The episode is a revelation: it’s dismal. I mean, the whole programme is obviously about as ill-concieved as it could be – the way the performers lounge on conference seats at the back of the stage and saunter forward for each skit in a kind of apathetic, mock-reluctant way… or the way Clive Anderson really seems to have no idea what is going on and certainly has failed to explain the games to the actors before and during the show… or the games themselves, in many cases – but leaving that aside, surely the brilliance of Cooke, Fry and Sessions combined can only be heart-stoppingly hilarious?

Uh-uh. Watch it if you don’t believe me. Fry comes out with the occasional prepared jokes (“my name’s Richard, but I’m more of a Dick”), when Cooke is left alone to talk in character there is more than a shadow of his early greatness in evidence, and Sessions, as always, gives virtuosic displays of verbal dexterity. Even Josie Lawrence comes up with a funny costume. But this is not a Stephen Fry monologue, or Peter Cooke sitting on a bench extemporising, or the John Sessions show (though he clearly thinks it is): the performers are given situations to act, stories to tell, things to achieve, and they singularly fail every time, as if doing a funny voice and remembering the scene you’re in are totally incompossible. They take long pauses while they try to think of something funny to say; when they think of something funny to say that fits neither the scene or the character they are playing they go ahead and say it anyway; they fail to end sketches, talking long after Clive Anderson’s impotent buzzer has heralded the end of what they’re doing (usually way too early or way too late). Similarly they talk over each other like it’s a big upstaging contest, and don’t listen to what else has been said in each scene as if they’re all acting in individual soundproof boxes.

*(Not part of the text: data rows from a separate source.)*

//! An undo and a redo in a line that the record may not fit: one pass asks whether it does, and goes.
ghost use Rattle.std.specs.Prelude.{◌≡◌, true, false, IfErr, IfOk, None, Some};
ghost use Rattle.rl_record.specs.Undo.{GoesOver, Redone, StandsStill, Tries, TriesAhead, TriesBack, Undone, unit_of};
ghost use Rattle.rl_line.specs.Going.{line_ahead, line_back, line_over, texts_ahead, texts_back, texts_over};
ghost use Rattle.rl_record.specs.Trying.{Tried, TriedInVain};
ghost use Rattle.rl_record.specs.Units.{last_of, redo_of};

use crate::changeset::Changeset;
use crate::changeset::questions::lead;
use crate::changeset::undo::count_over;
use rl_base::{NoListener, Refusal, RepeatCount};
use rl_line::LineBuffer;
use rl_line::change::{Change, Way, seldom};

impl Changeset {
    /// Undoes as `undo` does, if its units can be taken back from the line's text, and else changes nothing and answers
    /// None. One change alone is compared with the text and taken back in one pass; several are first tried on a copy of
    /// the part between the places that they touch. It finds all room first, so refused it changes nothing.
    // Inlined, as `undo_telling` is.
    #[inline(always)]
    pub fn try_undo(
        &mut self,
        line: &mut LineBuffer,
        n: RepeatCount,
    ) -> Result<Option<bool>, Refusal>
        ensures tried { IfOk result (Tried (Undone n self.old self.new line.old line.new) (line_back (last_of n self.old.recorded) line.old) self.old self.new line.old line.new) }
        ensures unmoved { IfOk result (λ tried. tried ≡ Some false → StandsStill line.old line.new) }
        ensures err { IfErr result (TriedInVain (TriesBack (last_of n self.old.recorded) line.old.text) (texts_back (last_of n self.old.recorded) line.old.text)
            self.old self.new line.old line.new) }
    {
        self.try_over(line, Way::Back, usize::from(n))
    }

    /// Redoes as `redo` does, if what it makes again can be made on the line's text, and else changes nothing and answers
    /// None. It tries that as `try_undo` does.
    #[inline(always)]
    pub fn try_redo(&mut self, line: &mut LineBuffer) -> Result<Option<bool>, Refusal>
        ensures tried { IfOk result (Tried (Redone self.old self.new line.old line.new) (line_ahead (redo_of self.old.pending) line.old) self.old self.new line.old line.new) }
        ensures unmoved { IfOk result (λ tried. tried ≡ Some false → StandsStill line.old line.new) }
        ensures err { IfErr result (TriedInVain (TriesAhead (redo_of self.old.pending) line.old.text) (texts_ahead (redo_of self.old.pending) line.old.text)
            self.old self.new line.old line.new) }
    {
        self.try_over(line, Way::Ahead, 1)
    }

    // Goes over the last `n` units, or the next one, if the line can. An insertion alone has a copy of its own, as in
    // `go_within`.
    #[inline(always)]
    fn try_over(
        &mut self,
        line: &mut LineBuffer,
        way: Way,
        n: usize,
    ) -> Result<Option<bool>, Refusal>
        ensures tried { IfOk result (Tried (GoesOver way n self.old self.new line.old line.new) (line_over way (unit_of way n self.old) line.old) self.old self.new line.old line.new) }
        ensures unmoved { IfOk result (λ tried. tried ≡ Some false → StandsStill line.old line.new) }
        ensures err { IfErr result (TriedInVain (Tries way (unit_of way n self.old) line.old.text) (texts_over way (unit_of way n self.old) line.old.text)
            self.old self.new line.old line.new) }
    {
        if let Some(Change::Insert(_, _, _)) = self.alone(way, n) {
            return self.try_over_any(line, way, n);
        }
        seldom();
        self.try_over_any(line, way, n)
    }

    #[inline(always)]
    fn try_over_any(
        &mut self,
        line: &mut LineBuffer,
        way: Way,
        n: usize,
    ) -> Result<Option<bool>, Refusal>
        ensures tried { IfOk result (Tried (GoesOver way n self.old self.new line.old line.new) (line_over way (unit_of way n self.old) line.old) self.old self.new line.old line.new) }
        ensures unmoved { IfOk result (λ tried. tried ≡ Some false → StandsStill line.old line.new) }
        ensures err { IfErr result (TriedInVain (Tries way (unit_of way n self.old) line.old.text) (texts_over way (unit_of way n self.old) line.old.text)
            self.old self.new line.old line.new) }
    {
        if let Some(change) = self.alone(way, n) {
            let fits = line.try_over_one(change, way)?;
            if !fits {
                return Ok(None);
            }
            let len = self.entries.len();
            let recorded = count_over(way, len, 1);
            let changes = count_over(way, self.entries.changes(), 1);
            self.entries.cut(recorded, changes);
            return Ok(Some(true));
        }
        self.try_over_units(line, way, n)
    }

    // The same of any units.
    #[inline(never)]
    fn try_over_units(
        &mut self,
        line: &mut LineBuffer,
        way: Way,
        n: usize,
    ) -> Result<Option<bool>, Refusal>
        ensures tried { IfOk result (Tried (GoesOver way n self.old self.new line.old line.new) (line_over way (unit_of way n self.old) line.old) self.old self.new line.old line.new) }
        ensures unmoved { IfOk result (λ tried. tried ≡ Some false → StandsStill line.old line.new) }
        ensures err { IfErr result (TriedInVain (Tries way (unit_of way n self.old) line.old.text) (texts_over way (unit_of way n self.old) line.old.text)
            self.old self.new line.old line.new) }
    {
        let unit = self.unit(way, n);
        let fits = lead(self.entries.allocator(), line, unit, way)?;
        if !fits {
            return Ok(None);
        }
        let changed = self.go_over_units(line, way, n, &mut NoListener)?;
        Ok(Some(changed))
    }
}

Put succinctly, all they’re doing is lazily showing off, and whilst it yields the occasional chuckle when somebody does say something funny, the rest of it is car-crash television of the worst order. Indeed, it even redeems Paul Merton and his chums a little, because with one notable exception (that’s you, Andy Smart) they did at least seem to know what they were doing and attempt to hold scenes together a bit. (Nor did they broadcast it on national television, though they did charge me fifteen quid for it.)

There are plenty of books written about good improvisation – obviously it’s a bit late to push any of them towards the Whose Line team, but in any case it’s not rocket science – did nobody think to explain the games to the actors, or to practice them a bit? Is teamwork such a bizarre concept for someone who likes to ad-lib?

Before anybody accuses me of being a snob about my own “field of performance” (as the UK comedy guide Chortle once did) – damn right I’m a snob about it, and that’s not even remotely to suggest that any of the shows I have been involved in have neared the kind of brilliance I believe is possible in improv, it’s just to say that there’s no excuse for lazy, shoddy improvisation, especially the kind that costs £15. A student of mine was showing an interest in the subject the other day and I showed him one of the brief video clips on the Uncertainty Division website; again, far from perfect, but he thought it was scripted. It’s hard to imagine somebody making the same mistake about the antics of Messrs Fry, Cooke, Sessions and the other one.